Re: RuntimeException Gelly API: Memory ran out. Compaction failed.

2015-03-18 Thread Vasiliki Kalavri
Hi Robert,

my setup has even less memory than your setup, ~900MB in total.

When using the local environment (running the job through your IDE), the
available of memory is split equally between the JobManager and
TaskManager. Then, the default memory kept for network buffers is
subtracted from the TaskManager's part.
Finally, the TaskManager is assigned 70% (by default) of what is left.
In my case, this was 255MB.

So, I'm guessing that either the options you're passing to eclipse are not
properly read (I haven't tried it myself) or that there's something wrong
in the way you're generating the graph. That's why I asked how you produce
the vertex dataset.

Cheers,
V.



On 18 March 2015 at 18:27, Robert Waury  wrote:

> Hi Vasia,
>
> How much memory does your job use?
>
> I think the problem is as Stephan says a too conservative allocation but
> that it will work if you throw enough memory at it.
>
> Or did your setup succeed with an amount of memory comparable to Mihail's
> and mine?
>
> My main point is that it shouldn't take 10x more memory than the input
> size for such a job.
>
> Cheers,
> Robert
> On Mar 18, 2015 5:06 PM, "Vasiliki Kalavri" 
> wrote:
>
>> Hi Mihail, Robert,
>>
>> I've tried reproducing this, but I couldn't.
>> I'm using the same twitter input graph from SNAP that you link to and
>> also Scala IDE.
>> The job finishes without a problem (both the SSSP example from Gelly and
>> the unweighted version).
>>
>> The only thing I changed to run your version was creating the graph from
>> the edge set only, i.e. like this:
>>
>> Graph graph = Graph.fromDataSet(edges,
>> new MapFunction() {
>> public Long map(Long value) {
>> return Long.MAX_VALUE;
>> }
>> }, env);
>>
>> Since the twitter input is an edge list, how do you generate the vertex
>> dataset in your case?
>>
>> Thanks,
>> -Vasia.
>>
>> On 18 March 2015 at 16:54, Mihail Vieru 
>> wrote:
>>
>>>  Hi,
>>>
>>> great! Thanks!
>>>
>>> I really need this bug fixed because I'm laying the groundwork for my
>>> Diplom thesis and I need to be sure that the Gelly API is reliable and can
>>> handle large datasets as intended.
>>>
>>> Cheers,
>>> Mihail
>>>
>>>
>>> On 18.03.2015 15:40, Robert Waury wrote:
>>>
>>>   Hi,
>>>
>>>  I managed to reproduce the behavior and as far as I can tell it seems
>>> to be a problem with the memory allocation.
>>>
>>>  I have filed a bug report in JIRA to get the attention of somebody who
>>> knows the runtime better than I do.
>>>
>>> https://issues.apache.org/jira/browse/FLINK-1734
>>>
>>>  Cheers,
>>>  Robert
>>>
>>> On Tue, Mar 17, 2015 at 3:52 PM, Mihail Vieru <
>>> vi...@informatik.hu-berlin.de> wrote:
>>>
  Hi Robert,

 thank you for your reply.

 I'm starting the job from the Scala IDE. So only one JobManager and one
 TaskManager in the same JVM.
 I've doubled the memory in the eclipse.ini settings but I still get the
 Exception.

 -vmargs
 -Xmx2048m
 -Xms100m
 -XX:MaxPermSize=512m

 Best,
 Mihail


 On 17.03.2015 10:11, Robert Waury wrote:

   Hi,

  can you tell me how much memory your job has and how many workers you
 are running?

  From the trace it seems the internal hash table allocated only 7 MB
 for the graph data and therefore runs out of memory pretty quickly.
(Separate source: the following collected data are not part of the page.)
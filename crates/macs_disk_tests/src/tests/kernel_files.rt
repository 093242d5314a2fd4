//! Disks in files that behave as those of a kernel do. Each sync in turn fails once, and the next
//! program goes on. Then memory is short, and the power is lost: what was acknowledged is there,
//! and so is what reads gave.

use super::{fill, full, seen};
use macs_disk::{FileDisk, FileFault, Layout, SectorDisk};
use macs_fixtures::{
    DeviceBlock, FileCall, Left, MemFile, MemFolder, OpenMemFile, make_disk, open_disk,
};
use std::alloc::Global;
use std::cell::{RefCell, RefMut};
use std::process::Abort;

/// A disk in a file of a kernel.
type Disk<'a> = FileDisk<OpenMemFile<'a>>;

/// What a trial is made on.
#[derive(Clone, Copy)]
pub(super) struct Ground {
    layout: Layout,
    block: DeviceBlock,
    /// How many pages a file has room for.
    pages: u16,
    /// How many octets a call moves at most.
    most: usize,
}

const PACKED: Ground = Ground {
    layout: Layout::Packed,
    block: DeviceBlock::Octets512,
    pages: 129,
    most: 300,
};

pub(super) const SPACED: Ground = Ground {
    layout: Layout::Spaced,
    block: DeviceBlock::Octets4096,
    pages: 1_029,
    most: 4_096,
};

const SPACED_512: Ground = Ground {
    layout: Layout::Spaced,
    block: DeviceBlock::Octets512,
    pages: 1_029,
    most: 4_096,
};

/// The layout that a device of 4,096 octets breaks.
const UNSUITED: Ground = Ground {
    layout: Layout::Packed,
    block: DeviceBlock::Octets4096,
    pages: 129,
    most: 4_096,
};

/// What the kernel does with the file where a call failed and its program ends. The next program
/// opens the disk again.
#[derive(Clone, Copy)]
enum Going {
    /// Some other program has the file open, and its pages stay.
    IsHeld,
    /// The pages that are clean are dropped.
    IsDropped,
}

/// A trial: which sync fails, how many blocks that it was to write reach the device, what becomes
/// of the pages where the program ends, and what the power loss leaves.
#[derive(Clone, Copy)]
struct Trial {
    failing: u64,
    reached: usize,
    going: Going,
    left: Left,
}

/// How many sectors are written and looked at: those of one page where the layout is packed.
const SECTORS: usize = 8;

/// The sectors that are written and synced, one after the other, with an octet each.
const WRITES: [(usize, u8); 5] = [(2, 1), (3, 2), (2, 3), (7, 4), (3, 5)];

/// What is written then, and not synced.
const LAST: (usize, u8) = (0, 6);

/// The syncs of a trial: one of the copy that an opening makes, and one after each write.
const SYNCS: u64 = 1 + 5;

/// The syncs of a new disk: one, after its mark and its sectors.
const BLANK_SYNCS: u64 = 1;

/// What is known of the sectors: the octet that each is full of.
type Known = [u8; SECTORS];

pub(super) fn folder(rt: &impl Abort, alloc: Global, ground: Ground) -> MemFolder {
    match MemFolder::new(alloc, ground.pages, ground.block, ground.most) {
        Ok(folder) => folder,
        Err(_) => panic!(rt; "no memory"),
    }
}

/// A file, as the kernel has it.
fn borrowed<'a>(rt: &impl Abort, file: &'a RefCell<MemFile>) -> RefMut<'a, MemFile> {
    match file.try_borrow_mut() {
        Ok(file) => file,
        Err(_) => panic!(rt; "the file is in use"),
    }
}

/// The file that has the name.
pub(super) fn named<'a>(rt: &impl Abort, folder: &'a MemFolder) -> RefMut<'a, MemFile> {
    borrowed(rt, folder.named())
}

/// The file beside it.
fn beside<'a>(rt: &impl Abort, folder: &'a MemFolder) -> RefMut<'a, MemFile> {
    borrowed(rt, folder.beside())
}

/// Has a sync fail of the file that takes the name next.
fn fail_sync(rt: &impl Abort, folder: &MemFolder, failing: u64, reached: usize) {
    beside(rt, folder).fail(FileCall::Sync, failing);
    beside(rt, folder).reach(reached);
}

/// Whether the sync that was to fail has not come yet.
fn is_due(rt: &impl Abort, folder: &MemFolder) -> bool {
    named(rt, folder).is_due() || beside(rt, folder).is_due()
}

fn is_made(folder: &MemFolder, layout: Layout) -> bool {
    make_disk(folder, layout).is_ok()
}

/// The folder of a new disk of zeros. Where this sync fails while it is made, it is made once more.
fn blank(rt: &impl Abort, alloc: Global, ground: Ground, failing: u64) -> MemFolder {
    let folder = folder(rt, alloc, ground);
    fail_sync(rt, &folder, failing, 0);
    assert!(rt; is_made(&folder, ground.layout) || is_made(&folder, ground.layout));
    assert!(rt; !is_due(rt, &folder));
    named(rt, &folder).close();
    folder
}

/// The disk in the folder. Where a sync of its opening fails it is opened once more.
fn open<'a>(rt: &impl Abort, folder: &'a MemFolder) -> Disk<'a> {
    match open_disk(folder, 0) {
        Ok(disk) => disk,
        Err(fault) => {
            assert!(rt; fault == FileFault::Device);
            named(rt, folder).close();
            open_again(rt, folder)
        }
    }
}

pub(super) fn open_again<'a>(rt: &impl Abort, folder: &'a MemFolder) -> Disk<'a> {
    match open_disk(folder, 0) {
        Ok(disk) => disk,
        Err(_) => panic!(rt; "not opened"),
    }
}

/// The program ends, and the next one opens the disk.
fn go_on<'a>(rt: &impl Abort, folder: &'a MemFolder, going: Going) -> Disk<'a> {
    named(rt, folder).close();
    if matches!(going, Going::IsDropped) {
        named(rt, folder).press();
    }
    open_again(rt, folder)
}

/// The octet that a sector is full of, of a disk that does not fail.
fn octet<D: SectorDisk>(rt: &impl Abort, disk: &mut D, at: usize) -> u8 {
    seen(rt, disk, at as u64).expect(rt, "a sector")
}

/// Writes a sector and syncs it. Whether that was done.
fn is_kept<D: SectorDisk>(rt: &impl Abort, disk: &mut D, at: u64, octet: u8) -> bool {
    fill(rt, disk, at, octet).is_ok() && disk.sync().is_ok()
}

/// Takes a sector as it is found: as before or as written.
fn learn<D: SectorDisk>(rt: &impl Abort, disk: &mut D, known: &mut Known, write: (usize, u8)) {
    let (at, written) = write;
    let found = octet(rt, disk, at);
    assert!(rt; at < known.len());
    assert!(rt; found == known[at] || found == written);
    known[at] = found;
}

/// Writes a sector and syncs it. Where that fails, the next program goes on with what it finds.
fn keep<'a>(
    rt: &impl Abort,
    folder: &'a MemFolder,
    mut disk: Disk<'a>,
    known: &mut Known,
    write: (usize, u8),
    going: Going,
) -> Disk<'a> {
    let (at, written) = write;
    if is_kept(rt, &mut disk, at as u64, written) {
        assert!(rt; at < known.len());
        known[at] = written;
        return disk;
    }
    let mut disk = go_on(rt, folder, going);
    learn(rt, &mut disk, known, write);
    disk
}

/// The sectors but the first, as reads give them.
fn found<D: SectorDisk>(rt: &impl Abort, disk: &mut D) -> Known {
    let mut found = [0; SECTORS];
    for at in 1..found.len() {
        found[at] = octet(rt, disk, at);
    }
    found
}

/// Whether a sector is full of an octet.
fn is_full<D: SectorDisk>(rt: &impl Abort, disk: &mut D, at: u64, octet: u8) -> bool {
    let mut sector = [0; 512];
    assert!(rt; at < disk.sectors());
    assert!(rt; disk.read(at, &mut sector).is_ok());
    sector == full(octet)
}

/// Whether the sectors but the first are as they are known.
fn has<D: SectorDisk>(rt: &impl Abort, disk: &mut D, known: &Known) -> bool {
    for at in 1..known.len() {
        if !is_full(rt, disk, at as u64, known[at]) {
            return false;
        }
    }
    true
}

/// Opens the disk and makes the writes. What is known then.
fn keep_all<'a>(rt: &impl Abort, folder: &'a MemFolder, going: Going) -> (Disk<'a>, Known) {
    let mut disk = open(rt, folder);
    let mut known = found(rt, &mut disk);
    for write in WRITES {
        disk = keep(rt, folder, disk, &mut known, write, going);
    }
    (disk, known)
}

fn write_last<D: SectorDisk>(rt: &impl Abort, disk: &mut D) {
    let (at, last) = LAST;
    assert!(rt; fill(rt, disk, at as u64, last).is_ok());
}

/// Makes a trial: whether all that was acknowledged is there.
fn holds(rt: &impl Abort, folder: &MemFolder, trial: Trial) -> bool {
    fail_sync(rt, folder, trial.failing, trial.reached);
    let (mut disk, known) = keep_all(rt, folder, trial.going);
    assert!(rt; !is_due(rt, folder));
    write_last(rt, &mut disk);
    named(rt, folder).press();
    assert!(rt; has(rt, &mut disk, &known));
    named(rt, folder).crash(trial.left);
    has(rt, &mut open_again(rt, folder), &known)
}

const LEFT: [Left; 4] = [Left::Durable, Left::Written, Left::Half, Left::Zeros];

/// How many blocks of a failed sync reach the device: none, one, or all.
const REACHED: [usize; 3] = [0, 1, usize::MAX];

/// Each sync fails in turn, and the next program goes on in this way.
fn fail_each(rt: &impl Abort, folder: &MemFolder, going: Going, left: Left) {
    for failing in 1..=SYNCS {
        for reached in REACHED {
            let trial = Trial {
                failing,
                reached,
                going,
                left,
            };
            assert!(rt;
                holds(rt, folder, trial),
                "sync {failing}, {reached} blocks"
            );
        }
    }
}

#[test]
fn a_failed_sync_loses_nothing_of_a_packed_disk(rt: HostRuntime) {
    for failing in 1..=BLANK_SYNCS {
        let folder = blank(&rt, rt.alloc(), PACKED, failing);
        for left in LEFT {
            fail_each(&rt, &folder, Going::IsHeld, left);
            fail_each(&rt, &folder, Going::IsDropped, left);
        }
    }
}

#[test]
fn a_failed_sync_loses_nothing_of_a_spaced_disk(rt: HostRuntime) {
    let folder = blank(&rt, rt.alloc(), SPACED, 1);
    fail_each(&rt, &folder, Going::IsHeld, Left::Zeros);
    fail_each(&rt, &folder, Going::IsDropped, Left::Half);
}

#[test]
fn small_blocks_lose_nothing_of_a_spaced_disk(rt: HostRuntime) {
    let folder = blank(&rt, rt.alloc(), SPACED_512, 1);
    fail_each(&rt, &folder, Going::IsDropped, Left::Half);
}

/// No sync fails, and the last write spoils the sectors beside it: what a spaced disk prevents.
#[test]
fn large_blocks_break_a_packed_disk(rt: HostRuntime) {
    let trial = Trial {
        failing: 0,
        reached: 0,
        going: Going::IsDropped,
        left: Left::Zeros,
    };
    assert!(rt; holds(&rt, &blank(&rt, rt.alloc(), PACKED, 0), trial));
    assert!(rt; holds(&rt, &blank(&rt, rt.alloc(), SPACED, 0), trial));
    assert!(rt; !holds(&rt, &blank(&rt, rt.alloc(), UNSUITED, 0), trial));
}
  Skewed data could also be an issue but with a minimum of 5 pages and
 a maximum of 8 it seems to be distributed fairly even to the different
 partitions.

  Cheers,
  Robert

 On Tue, Mar 17, 2015 at 1:25 AM, Mihail Vieru <
 vi...@informatik.hu-berlin.de> wrote:

> And the correct SSSPUnweighted attached.
>
>
> On 17.03.2015 01:23, Mihail Vieru wrote:
>
>> Hi,
>>
>> I'm getting the following RuntimeException for an adaptation of the
>> SingleSourceShortestPaths example using the Gelly API (see attachment).
>> It's been adapted for unweighted graphs having vertices with Long values.
>>
>> As an input graph I'm using the social network graph (~200MB
>> unpacked) from here:
>> https://snap.stanford.edu/data/higgs-twitter.html
>>
>> For the small SSSPDataUnweighted graph (also attached) it terminates
>> and computes the distances correctly.
>>
>>
>> 03/16/2015 17:18:23IterationHead(WorksetIteration (Vertex-centric
>> iteration
>> (org.apache.flink.graph.library.SingleSourceShortestPathsUnweighted$VertexDistanceUpdater@dca6fe4
>> |
>> org.apache.flink.graph.library.SingleSourceShortestPathsUnweighted$MinDistanceMessenger@6577e8ce)))(2/4)
>> switched to FAILED
>> java.lang.RuntimeException: Memory ran out. Compaction failed.
>> numPartitions: 32 minPartition: 5 maxPartition: 8 number of overflow
>> segments: 176 bucketSize: 217 Overall memory: 20316160 Partition memory:
>> 7208960 Message: Index: 8, Size: 7
>> at
>> org.apache.flink.runtime.operators.hash.Compacti

Re: RuntimeException Gelly API: Memory ran out. Compaction failed.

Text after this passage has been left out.